Ms. Friman’s solo engagements include performances with Gavin Bryars Ensemble, Red Byrd, Ciconia Ensemble, Norwegian Soloists' Choir, NYYD Ensemble, Latvian Radio Choir, Collegium Vocale Gent, and Ricercar Consort. She has been a jury member at the vocal ensemble competition at the Tampere International Choral Festival (Finland) since 2001. This spring, she performed in the Sonnets Project’s Nothing Like the Sun (a collaboration between RSC and Opera North). The project had its premier at the Royal Shakespeare Company in Stratford Upon-Avon in February, and thereafter toured extensively in the UK.

Linn Andrea Fuglseth
Linn Andrea Fuglseth was born in Sandefjord, Norway. She completed her Higher Diploma in singing at the Norwegian Academy of Music in 1997, specializing in Baroque interpretation and writing a dissertation on Restoration mad songs. In 1994–1995, she studied at the Guildhall School of Music & Drama in London, receiving a diploma in advanced solo studies in early music. Ms. Fuglseth has studied singing with Marit Isene, Barbro Marklund, Emma Kirkby, and Mary Nichols.

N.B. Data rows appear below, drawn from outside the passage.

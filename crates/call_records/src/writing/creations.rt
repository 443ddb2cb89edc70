//! The record of a write call that makes an object.
ghost use Rattle.std.specs.Prelude.{◌≡◌, Some};
ghost use Rattle.kernel_rules.specs.declared.calls.Call.TheVariants as calls;
ghost use Rattle.call_records.specs.Calls.{call_of};

use super::{kinds_number, put_other};
use crate::labels::put_raw;
use crate::records::Request;
use kernel_rules::{NewAddressSpace, NewContainer, NewCopy, NewGate, NewSegment, NewThread};

pub(super) fn put_container(new: &NewContainer, request: &mut Request)
    ensures asked { call_of request.new ≡ Some (calls.ContainerCreate new.now) }
    ensures thread { request.new.thread ≡ request.old.thread }
{
    request.call = 5;
    request.container = new.container.number();
    put_raw(&new.label, &mut request.label);
    request.numbers = [new.quota as u64, kinds_number(new.avoid), 0, 0, 0];
}

pub(super) fn put_segment(new: &NewSegment, request: &mut Request)
    ensures asked { call_of request.new ≡ Some (calls.SegmentCreate new.now) }
    ensures thread { request.new.thread ≡ request.old.thread }
{
    request.call = 6;
    request.container = new.container.number();
    put_raw(&new.label, &mut request.label);
    request.numbers = [new.quota as u64, new.pages as u64, 0, 0, 0];
}

pub(super) fn put_copy(new: &NewCopy, request: &mut Request)
    ensures asked { call_of request.new ≡ Some (calls.SegmentCopy new.now) }
    ensures thread { request.new.thread ≡ request.old.thread }
{
    request.call = 7;
    request.container = new.container.number();
    put_raw(&new.label, &mut request.label);
    put_other(&new.source, request);
    request.numbers = [new.quota as u64, 0, 0, 0, 0];
}

pub(super) fn put_space(new: &NewAddressSpace, request: &mut Request)
    ensures asked { call_of request.new ≡ Some (calls.AsCreate new.now) }
    ensures thread { request.new.thread ≡ request.old.thread }
{
    request.call = 8;
    request.container = new.container.number();
    put_raw(&new.label, &mut request.label);
    request.numbers = [new.quota as u64, 0, 0, 0, 0];
}

pub(super) fn put_thread(new: &NewThread, request: &mut Request)
    ensures asked { call_of request.new ≡ Some (calls.ThreadCreate new.now) }
    ensures thread { request.new.thread ≡ request.old.thread }
{
    request.call = 9;
    request.container = new.container.number();
    put_raw(&new.label, &mut request.label);
    put_raw(&new.clearance, &mut request.clearance);
    request.numbers = [new.quota as u64, new.entry_point, 0, 0, 0];
}

pub(super) fn put_gate(new: &NewGate, request: &mut Request)
    ensures asked { call_of request.new ≡ Some (calls.GateCreate new.now) }
    ensures thread { request.new.thread ≡ request.old.thread }
{
    request.call = 10;
    request.container = new.container.number();
    put_raw(&new.label, &mut request.label);
    put_raw(&new.clearance, &mut request.clearance);
    put_other(&new.space, request);
    request.numbers = [new.quota as u64, new.entry_point, new.closure, 0, 0];
}
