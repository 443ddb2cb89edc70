//! The reference machine of HiStar's kernel objects (OSDI 2006): containers, segments, address
//! spaces, threads, gates and devices under labels and quotas, kept as a plain map of records. It
//! promises that `step`, `ask` and `run` give the answers and the states of the definitions, that a
//! refused call and want of memory change nothing, and that every state is well formed. It leaves
//! threads that share a machine, tables that make calls fast, and the texts of calls and states to
//! others.
#![tactic(auto)]

mod checkpointing;
mod kernel;
mod machine;
pub mod recording;
pub mod restoring;

pub use crate::restoring::RestoreFault;
pub use checkpointing::checkpoint;
pub use checkpoints::{
    Attributes, Checkpoint, FilledSlot, NextNumber, RawBody, RawGate, RawObject, RawThread,
    Recorded, SlotList,
};
pub use kernel::PlainKernel;
pub use kernel_rules::histories::{Answered, Event};
pub use kernel_rules::{
    Body, Call, Compared, Entry, Gate, Ids, Mapping, NewAddressSpace, NewContainer, NewCopy,
    NewGate, NewSegment, NewThread, Object, Query, Reply, Shown, Tables, Thread, Used,
};
pub use machine::{Machine, run};
pub use plain_state::BootRefusal;
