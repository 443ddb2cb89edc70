//! Checkpoints of the states after events.
ghost use Rattle.std.specs.Prelude.{◌≡◌, true, nat_lt, map, IfOk, OnOk};
ghost use Rattle.std.specs.List.{list_all};
ghost use Rattle.base.specs.Limits.{in_range};
ghost use Rattle.base.specs.declared.ranges.Limits.{Limits as Booted};
ghost use Rattle.kernel_rules.specs.Runs.{state_after};
ghost use Rattle.kernel_rules.specs.Events.{by, calls_in};
ghost use Rattle.kernel_rules.specs.History.{state_of};
ghost use Rattle.checkpoints.specs.Reached.{IsSound};
ghost use Rattle.checkpoints.specs.Restorable.{is_restorable};
ghost use Rattle.checkpoints.specs.Starts.{IsCheckpointOf};
ghost use Rattle.plain_core.specs.Kernel.{kernel_state};

use crate::kernel::PlainKernel;
use crate::machine::Machine;
use crate::restoring::next_numbers;
use base::{Limits, Meter, NoMemory, ObjectId};
use checkpoints::Checkpoint;
use kernel_rules::histories::{Answered, Event};
use std::alloc::Global;

/// Makes the calls of a thread.
fn make(
    kernel: &mut PlainKernel,
    thread: ObjectId,
    calls: &[Answered],
    meter: &mut Meter,
) -> Result<(), NoMemory>
    ensures state { OnOk result (kernel_state kernel.new
        ≡ state_after (kernel_state kernel.old) (by thread (map (λ a. a.call) calls.now))) }
    ensures sound { OnOk result ((limits : Booted) → in_range limits ≡ true
        → IsSound limits (kernel_state kernel.old) → IsSound limits (kernel_state kernel.new)) }
{
    for answered in calls {
        kernel.well_formed();
        kernel.step(thread, &answered.call, meter)?;
        kernel.well_formed();
    }
    Ok(())
}

/// Makes the calls of an event.
fn make_event(kernel: &mut PlainKernel, event: &Event, meter: &mut Meter) -> Result<(), NoMemory>
    ensures state { OnOk result (kernel_state kernel.new
        ≡ state_after (kernel_state kernel.old) (by event.now.thread (calls_in event.now))) }
    ensures sound { OnOk result ((limits : Booted) → in_range limits ≡ true
        → IsSound limits (kernel_state kernel.old) → IsSound limits (kernel_state kernel.new)) }
{
    make(kernel, event.thread, event.calls.as_slice(), meter)?;
    Ok(())
}

/// The kernel after the calls of events, from a boot.
fn played(
    alloc: Global,
    limits: &Limits,
    events: &[Event],
    meter: &mut Meter,
) -> Result<PlainKernel, NoMemory>
    requires { in_range limits.now ≡ true }
    ensures state { IfOk result (λ kernel. kernel_state kernel ≡ state_of limits.now events.now) }
    ensures sound { IfOk result (λ kernel. IsSound limits.now (kernel_state kernel)) }
{
    let mut kernel = match PlainKernel::boot(alloc, limits) {
        Ok(kernel) => kernel,
        Err(_) => return Err(NoMemory),
    };
    for event in events {
        make_event(&mut kernel, event, meter)?;
    }
    Ok(kernel)
}

/// The checkpoint of the state after the calls of events, from a boot, and for each thread of them, as its next number, one
/// more than the count of its events. It can be restored where each of these threads is below the next id there, so with no
/// events too. The error is want of memory.
pub fn checkpoint(alloc: Global, limits: &Limits, events: &[Event]) -> Result<Checkpoint, NoMemory>
    requires { in_range limits.now ≡ true }
    ensures written { IfOk result (IsCheckpointOf limits.now events.now) }
    ensures restorable { IfOk result (λ made.
        list_all (λ e. nat_lt e.thread made.next_id) events.now ≡ true
        → is_restorable limits.now made ≡ true) }
{
    let mut meter = Meter::new(alloc)?;
    let kernel = played(alloc, limits, events, &mut meter)?;
    kernel.well_formed();
    let next = next_numbers(alloc, events)?;
    let made = kernel.write(alloc, next, &mut meter)?;
    Ok(made)
}
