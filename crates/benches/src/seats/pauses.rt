//! How those who go on until they are stopped pass the time between two calls.
use std::sync::atomic::{AtomicBool, Ordering};

/// How often who goes on and on looks between two calls whether it may stop.
pub const ON_AND_ON: u32 = 1;

/// How often who reads seldom looks between two reads whether it may stop: that takes some nineteen times as long as a read.
pub const SELDOM: u32 = 2000;

/// Whether it was told to stop, by the end of a pause of so many looks.
pub fn has_stopped(stop: &AtomicBool, looks: u32) -> bool {
    for _ in 0..looks {
        if stop.load(Ordering::SeqCst) {
            return true;
        }
    }
    false
}
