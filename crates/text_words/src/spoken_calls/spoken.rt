//! A call as its words.
ghost use Rattle.std.specs.Prelude.{◌≡◌, ◌<◌, ◌++◌, ◌∷◌, ℕ, List, true, IfOk, IfSome, IfNone, length};
ghost use Rattle.text_words.specs.Lacks.{lacks};
ghost use Rattle.text_words.specs.Verb.{kinds_of};
ghost use Rattle.text_words.specs.Spoken.{call_with, spoken_text, IsSpoken, AreArgs, IsRest};
ghost use Rattle.text_words.specs.Spoken.{AddsArgs, ReadsInto, ReadsArguments};

use crate::spoken_calls::args::{Arg, ArgKind, add_arg};
use crate::spoken_calls::verbs::{Verb, read_verb};
use memchr::memchr;
use std::alloc::{AllocError, Global};
use std::marker::Model;

/// A call and its arguments, which are of the verb's kinds, each in its range. They stand in a list that holds those of
/// other calls too. A contract sees the verb and the list of the arguments.
#[derive(Drop)]
pub struct SpokenCall<'a> {
    verb: Verb,
    args: &'a [Arg],
}

impl<'a> Model for SpokenCall<'a> {
    ghost use Rattle.text_words.specs.Spoken.{Spoken, IsSpoken, call_with};

    ghost Value = { Spoken };

    ghost view = { λ a. call_with a.verb a.args.now };

    ghost invariant = { λ a. IsSpoken (call_with a.verb a.args.now) };
}

impl<'a> SpokenCall<'a> {
    /// The call of a verb and arguments of its kinds, as `read_spoken` reads them.
    pub fn new(verb: Verb, args: &'a [Arg]) -> SpokenCall<'a>
        requires { AreArgs (kinds_of verb) args.now }
        ensures { result ≡ call_with verb args.now }
    {
        SpokenCall { verb, args }
    }

    /// The call's first word.
    pub fn verb(&self) -> Verb
        ensures { result ≡ self.now.verb }
    {
        self.verb
    }

    /// The arguments, in order.
    pub fn args(&self) -> &'a [Arg]
        ensures value { result.now ≡ self.now.args }
        ensures spoken { IsSpoken self.now }
    {
        self.args
    }
}

/// What stands before the first space, and the rest, which begins with that space or is empty.
fn first_word(text: &[u8]) -> (&[u8], &[u8])
    ensures parts { text.now ≡ result.0.now ++ result.1.now }
    ensures word { lacks 32 result.0.now ≡ true }
    ensures rest { IsRest result.1.now }
{
    match memchr(b' ', text) {
        Some(end) => text.split_at(end),
        None => text.split_at(text.len()),
    }
}

/// What stands after a space.
fn after_space(text: &[u8]) -> Option<&[u8]>
    ensures some { IfSome result (λ r. text.now ≡ 32 ∷ r.now) }
    ensures none { IfNone result ((r : List ℕ) → text.now ≡ 32 ∷ r → ⊥) }
{
    match text {
        [b' ', after @ ..] => Some(after),
        _ => None,
    }
}

/// Adds the arguments of these kinds that the text spells, each after a space, and answers whether it spells them;
/// otherwise some may have been added.
fn add_args(
    alloc: Global,
    args: &mut Vec<Arg>,
    kinds: &[ArgKind],
    text: &[u8],
) -> Result<bool, AllocError>
    ensures { IfOk result (AddsArgs kinds.now text.now args.old.items args.new.items) }
{
    let mut rest = text;
    for kind in kinds {
        let Some(after) = after_space(rest) else {
            return Ok(false);
        };
        let (word, left) = first_word(after);
        if !add_arg(alloc, args, *kind, word)? {
            return Ok(false);
        }
        rest = left;
    }
    if !rest.is_empty() {
        return Ok(false);
    }
    Ok(true)
}

/// The arguments of these kinds, of which there is at least one, that the text spells, parted by single spaces.
pub fn read_arguments(
    alloc: Global,
    kinds: &[ArgKind],
    text: &[u8],
) -> Result<Option<Vec<Arg>>, AllocError>
    requires { 0 < length kinds.now }
    ensures { IfOk result (λ found. ReadsArguments kinds.now text.now found) }
{
    let [first, more @ ..] = kinds else {
        return Ok(None);
    };
    let (word, rest) = first_word(text);
    let mut args = Vec::with_capacity(alloc, kinds.len())?;
    if !add_arg(alloc, &mut args, *first, word)? {
        return Ok(None);
    }
    if !add_args(alloc, &mut args, more, rest)? {
        return Ok(None);
    }
    Ok(Some(args))
}

/// The verb of the call that the line spells, whose arguments are added to the list; otherwise nothing is added.
pub fn read_spoken(
    alloc: Global,
    line: &[u8],
    args: &mut Vec<Arg>,
) -> Result<Option<Verb>, AllocError>
    ensures { IfOk result (ReadsInto call_with spoken_text IsSpoken line.now args.old.items args.new.items) }
{
    let (word, rest) = first_word(line);
    let Some(verb) = read_verb(word) else {
        return Ok(None);
    };
    let before = args.as_slice().len();
    if !add_args(alloc, args, verb.kinds(), rest)? {
        args.truncate(before);
        return Ok(None);
    }
    Ok(Some(verb))
}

Ms. Fuglseth has been a soloist with, among others, the Stavanger Symfoniorkester, Norsk Barokkorkester, and the Norwegian Soloists' Choir. She founded Trio Mediaeval in October 1997. In addition to singing, she conducts a children's choir in Oslo and writes arrangements of Norwegian folksongs for the trio.

Torunn Østrem Ossum

Torunn Østrem Ossum was born in Namsos, Norway. She was educated at the College of Early Childhood Education in Oslo, specializing in music and drama, and studied singing with Svein Bjørkøy at Rønningen County College in Oslo. Ms. Ossum has wide experience as an ensemble singer and has performed with groups such as the Norwegian Soloists' Choir, Nordic Voices, Con Spirito, and Grex Vocalis (conducted by Carl Høgset), in which she also sings as a soloist.

Ms. Ossum has been working as a vocal coach for the junior theater group Baermuda mini. Her experience working with children has also been a great advantage for the trio, which performs at schools through the Norwegian Concert Institute.